Say no if your inquiry mix is dominated by emotionally loaded conversations, or if you cannot reliably separate the routine from the complex at the point an inquiry first reaches you. That is not a permanent answer. It says the segmentation work has to come first, and that without it the deployment will inherit the Klarna mistake in miniature.
Say no, too, if cost is your only evaluation factor. The same metric that justified the Klarna hiring freeze, projected operating saving, was the one that drove the reversal eighteen months later. Cost is a legitimate input, it is rarely the most important one for a customer-service tool, and the reason is the asymmetry of what gets lost when each kind of inquiry goes wrong.
A small saving on routine inquiries handled by AI does not compensate for the client relationship lost when an emotional inquiry is fumbled by the same AI. An owner shopping the cheapest tool will discover at month four that the price is being paid somewhere they were not looking. The Klarna case names that trap in public, with a real CEO putting it on the record. There is no need for a smaller firm to learn the same lesson the same way.
Related concepts worth holding alongside the Klarna case
The Air Canada bereavement-fare tribunal sits adjacent. A Canadian court held the airline liable for incorrect information its own chatbot gave a grieving passenger, rejecting the argument that the chatbot was a separate legal entity. That case adds a legal-liability dimension Klarna does not, and widens the asymmetry, you are responsible for what your AI says to a customer in your name.

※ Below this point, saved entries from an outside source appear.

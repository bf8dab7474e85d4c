// The listing of named lines.
#![tactic(auto)]

use listing_text::Kind;
use std::io;

fn main(rt: HostRuntime) -> io::Result<()> {
    listings::run(Kind::Named, &mut rt.stdin(), &mut rt.stdout())
}
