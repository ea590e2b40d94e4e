//! Explains a status and locates its fault.
use crate::destination::Destination;
use box_file::Plant;
use capture_remarks::{Fullness, SecondRun, Texts, capture_location, remarks, table_remarks};
use command_line::{DiffTask, ReplayPaths, Task};
use engine::RulesFault;
use fault_advice::explained;
use fault_location::{Fault, SourcePaths, Sources, all_faults};
use program::{RulesetRole, Status};
use reach_report::UnmetReasons;
use std::hash::RandomState;
use std::random::RandomSource;
use std::rt::Files;
use std::{fs, io};

/// Why an answer is too large, and what to try.
const TOO_LARGE: &str = "\
The sets of packets get too large, or chains call one another more than 256 deep.
Sets grow where many rules test several fields, each with other values: ask of parts of the ruleset,
as of one table or base chain, or write rules that test fewer fields.";

/// Prints to standard error what the status of a task means and where its fault is.
///
/// The location is a heuristic: no contract says which one is reported. Regular files are read
/// again for it; a pipe has been read already.
pub fn explain_status<R: Files + Eprint + AllocGlobal>(rt: &R, status: Status, task: &Task<'_>) {
    if let (Some(fault), Some(paths)) = (
        fault_of(status),
        source_paths(task, rejected_role(status)),
    ) {
        let _ = print_faults(rt, Some(fault), paths);
    }
    if let Task::Run(run) = task {
        let _ = print_capture_location(rt, status, run.paths.input);
    }
    if matches!(status, Status::TooLarge) {
        let _ = eprintln!(rt; "{TOO_LARGE}");
    }
}

/// Prints why rules of the ruleset at this path can't be met.
pub fn explain_unmet<R: Eprint + AllocGlobal>(rt: &R, path: &str, unmet: &UnmetReasons) {
    let _ = print_unmet(rt, path, unmet);
}

fn print_unmet<R: Eprint + AllocGlobal>(
    rt: &R,
    path: &str,
    unmet: &UnmetReasons,
) -> io::Result<()> {
    let lines = unmet.lines(rt.alloc(), path)?;
    eprint!(rt; "{}", lines.as_str())
}

/// The paths of the ruleset and the box of a task that has them; of a comparison those of the ruleset
/// in this role.
fn source_paths<'a>(task: &Task<'a>, role: RulesetRole) -> Option<SourcePaths<'a>> {
    match task {
        Task::Run(run) => Some(SourcePaths {
            rules: run.paths.rules,
            network: run.paths.network,
        }),
        Task::Check(check) => Some(SourcePaths {
            rules: check.texts.rules,
            network: check.texts.network,
        }),
        Task::Reach(reach) => Some(SourcePaths {
            rules: reach.texts.rules,
            network: reach.texts.network,
        }),
        Task::Diff(diff) => Some(SourcePaths {
            rules: path_of(diff, role),
            network: diff.paths.network,
        }),
        Task::Explain(_) => None,
    }
}

/// The path of the ruleset of a comparison in this role.
fn path_of<'a>(diff: &DiffTask<'a>, role: RulesetRole) -> &'a str {
    match role {
        RulesetRole::Old => diff.paths.old,
        RulesetRole::New => diff.paths.new,
        RulesetRole::Filter => diff.assumed.unwrap_or(""),
    }
}

/// Which ruleset of a comparison the status rejects.
fn rejected_role(status: Status) -> RulesetRole {
    match status {
        Status::RulesIn(role, _) => role,
        _ => RulesetRole::Old,
    }
}

/// The fault of a status, if it has one.
fn fault_of(status: Status) -> Option<Fault> {
    match status {
        Status::Rules(RulesFault::Text(fault)) | Status::RulesIn(_, RulesFault::Text(fault)) => {
            Some(Fault::Text(fault))
        }
        Status::Rules(RulesFault::Check(fault)) | Status::RulesIn(_, RulesFault::Check(fault)) => {
            Some(Fault::Check(fault))
        }
        Status::Box(fault) => Some(Fault::Box(fault)),
        Status::Capture(fault) => Some(Fault::Capture(fault)),
        _ => None,
    }
}

/// Prints all faults of a check's ruleset and box to standard error, as far as they can be located.
pub fn list_faults<R: Files + Eprint + AllocGlobal>(rt: &R, task: &Task<'_>) {
    if let Some(paths) = source_paths(task, RulesetRole::Old) {
        let _ = print_faults(rt, None, paths);
    }
}

/// Prints what explains a fault of the texts at these paths, or else all their faults.
fn print_faults<R: Files + Eprint + AllocGlobal>(
    rt: &R,
    fault: Option<Fault>,
    paths: SourcePaths<'_>,
) -> io::Result<()> {
    let rules = read_again(rt, paths.rules);
    let network = read_again(rt, paths.network);
    let sources = Sources {
        paths,
        rules: &rules,
        network: &network,
    };
    let lines = match fault {
        Some(fault) => explained(rt.alloc(), fault, sources)?,
        None => all_faults(rt.alloc(), sources)?,
    };
    eprint!(rt; "{}", lines.as_str())
}

/// The bytes of a regular file; none where it can't be read.
fn read_again<R: Files + AllocGlobal>(rt: &R, path: &str) -> Vec<u8> {
    if is_regular(rt, path) {
        if let Ok(bytes) = fs::read(rt, path) {
            return bytes;
        }
    }
    Vec::new(rt.alloc())
}

fn is_regular<R: Files + AllocGlobal>(rt: &R, path: &str) -> bool {
    match fs::metadata(rt, path) {
        Ok(found) => found.is_file(),
        Err(_) => false,
    }
}

/// Prints where a capture has its fault or is torn.
fn print_capture_location<R: Files + Eprint + AllocGlobal>(
    rt: &R,
    status: Status,
    path: &str,
) -> io::Result<()> {
    if !matches!(status, Status::Capture(_) | Status::Torn) || !is_regular(rt, path) {
        return Ok(());
    }
    match capture_location(rt.alloc(), fs::open(rt, path)?) {
        Some(place) => eprintln!(rt; "{path}: {place}"),
        None => Ok(()),
    }
}

/// Prints to standard error what of the capture of a run may mislead, and how full the connection
/// table got, as far as the texts and the capture are regular files.
pub fn remark_on_capture<R: Files + Eprint + RandomSource + AllocGlobal>(
    rt: &R,
    paths: &ReplayPaths<'_>,
) {
    let _ = print_remarks(rt, paths);
}

fn print_remarks<R: Files + Eprint + RandomSource + AllocGlobal>(
    rt: &R,
    paths: &ReplayPaths<'_>,
) -> io::Result<()> {
    let path = paths.input;
    if !is_regular(rt, path) {
        return Ok(());
    }
    let text = read_again(rt, paths.network);
    let Ok(network) = Plant::read(rt.alloc(), &text) else {
        return Ok(());
    };
    let lines = remarks(rt.alloc(), path, fs::open(rt, path)?, &network)?;
    eprint!(rt; "{}", lines.as_str())?;
    // An empty text would be a ruleset, too.
    if !is_regular(rt, paths.rules) {
        return Ok(());
    }
    let rules = fs::read(rt, paths.rules)?;
    let texts = Texts {
        rules: &rules,
        network: &text,
    };
    print_fullness(rt, path, texts)
}

/// Prints to standard error how full the connection table gets as these texts are run over a capture
/// again.
fn print_fullness<R: Files + Eprint + RandomSource + AllocGlobal>(
    rt: &R,
    path: &str,
    texts: Texts<'_>,
) -> io::Result<()> {
    let hasher = RandomState::new(rt)?;
    let Some(run) = second_run(rt, path, hasher, texts)? else {
        return Ok(());
    };
    let mut fullness = Fullness::of(rt.alloc(), run)?;
    if fullness.lacks_hosts() {
        if let Some(again) = second_run(rt, path, hasher, texts)? {
            fullness.read_again(rt.alloc(), again)?;
        }
    }
    let lines = table_remarks(rt.alloc(), path, fullness)?;
    eprint!(rt; "{}", lines.as_str())
}

/// A run of these texts over a capture, which writes to no file.
fn second_run<R: Files + AllocGlobal>(
    rt: &R,
    path: &str,
    hasher: RandomState,
    texts: Texts<'_>,
) -> io::Result<Option<SecondRun<R::File, Destination<R::File>>>> {
    let capture = fs::open(rt, path)?;
    Ok(SecondRun::open(rt.alloc(), hasher, texts, capture, Destination::Nothing))
}

/// Prints to standard error what nft(8) refuses of a ruleset's text, or means otherwise.
pub fn warn_of_nft<R: Eprint + AllocGlobal>(rt: &R, path: &str, text: &[u8]) {
    let _ = print_warnings(rt, path, text);
}

fn print_warnings<R: Eprint + AllocGlobal>(rt: &R, path: &str, text: &[u8]) -> io::Result<()> {
    let lines = nft_differences::warnings(rt.alloc(), path, text)?;
    eprint!(rt; "{}", lines.as_str())
}
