//! `nftrun run [--explain] [--trace] RULES BOX IN OUT`: shows what each packet of a capture would
//! meet. `nftrun check [--explain] RULES BOX`: checks a ruleset before it is loaded.
//! `nftrun explain CODE`: prints what a code means.
//!
//! The program on the operating system: its files, its clock, standard output and standard error.
#![tactic(auto)]

mod analysis;
mod closed_pipe;
mod comparison;
mod destination;
mod diagnosis;
mod system;

use std::process::ExitCode;

fn main(rt: HostRuntime) -> ExitCode {
    ExitCode::from(system::start(&rt, &rt.stdout(), &rt.stderr()))
}
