//! Where a run writes.
ghost use Rattle.std.specs.Io.{WritesAtMost};
ghost use Rattle.std.specs.Io.KnownBytes.{WriteAppends, Keeps};
ghost use Rattle.nftrun.specs.steps.Promised.{held_by};

use std::io;
use std::io::Write;

/// A file that a run writes; or nothing, where what is written is lost. It is one type, so that a run
/// for its connections alone is compiled to the code of every other.
#[derive(Drop)]
pub(crate) enum Destination<F> {
    File(F),
    Nothing,
}

impl<F: Write> Write for Destination<F> {
    ghost contents = { λ destination. held_by F.contents destination };

    fn write(&mut self, buf: &[u8]) -> io::Result<usize>
        ensures bound { WritesAtMost result buf.now }
        ensures bytes { WriteAppends (held_by F.contents self.old) (held_by F.contents self.new)
            result buf.now }
    {
        match self {
            Destination::File(file) => file.write(buf),
            Destination::Nothing => Ok(buf.len()),
        }
    }

    fn flush(&mut self) -> io::Result<()>
        ensures bytes { Keeps (held_by F.contents self.old) (held_by F.contents self.new) }
    {
        match self {
            Destination::File(file) => file.flush(),
            Destination::Nothing => Ok(()),
        }
    }
}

Verdantix and Salesforce research on customer-service deployment patterns through 2024 and 2025 has converged on the same segmentation point Klarna learned in public. AI works for augmentation and for routine inquiries, it under-performs when it is treated as a replacement for human service across the full mix. The MIT NANDA report’s finding that 95 per cent of generative AI pilots fail to produce measurable bottom-line impact is the population-level frame around Klarna.
The two cases together, Klarna and Air Canada, build a stronger discipline than either does alone. Klarna names the segmentation failure. Air Canada names the accountability failure. A firm sitting between them, evaluating its own AI customer-service plan, has the shape of the discipline it needs without having to invent it.
The brief on the founder’s desk at the start of this post should still go ahead. Just not as Klarna designed it. Segment by emotional weight, hold the top third for a human, and let cost sit alongside quality rather than over-ruling it.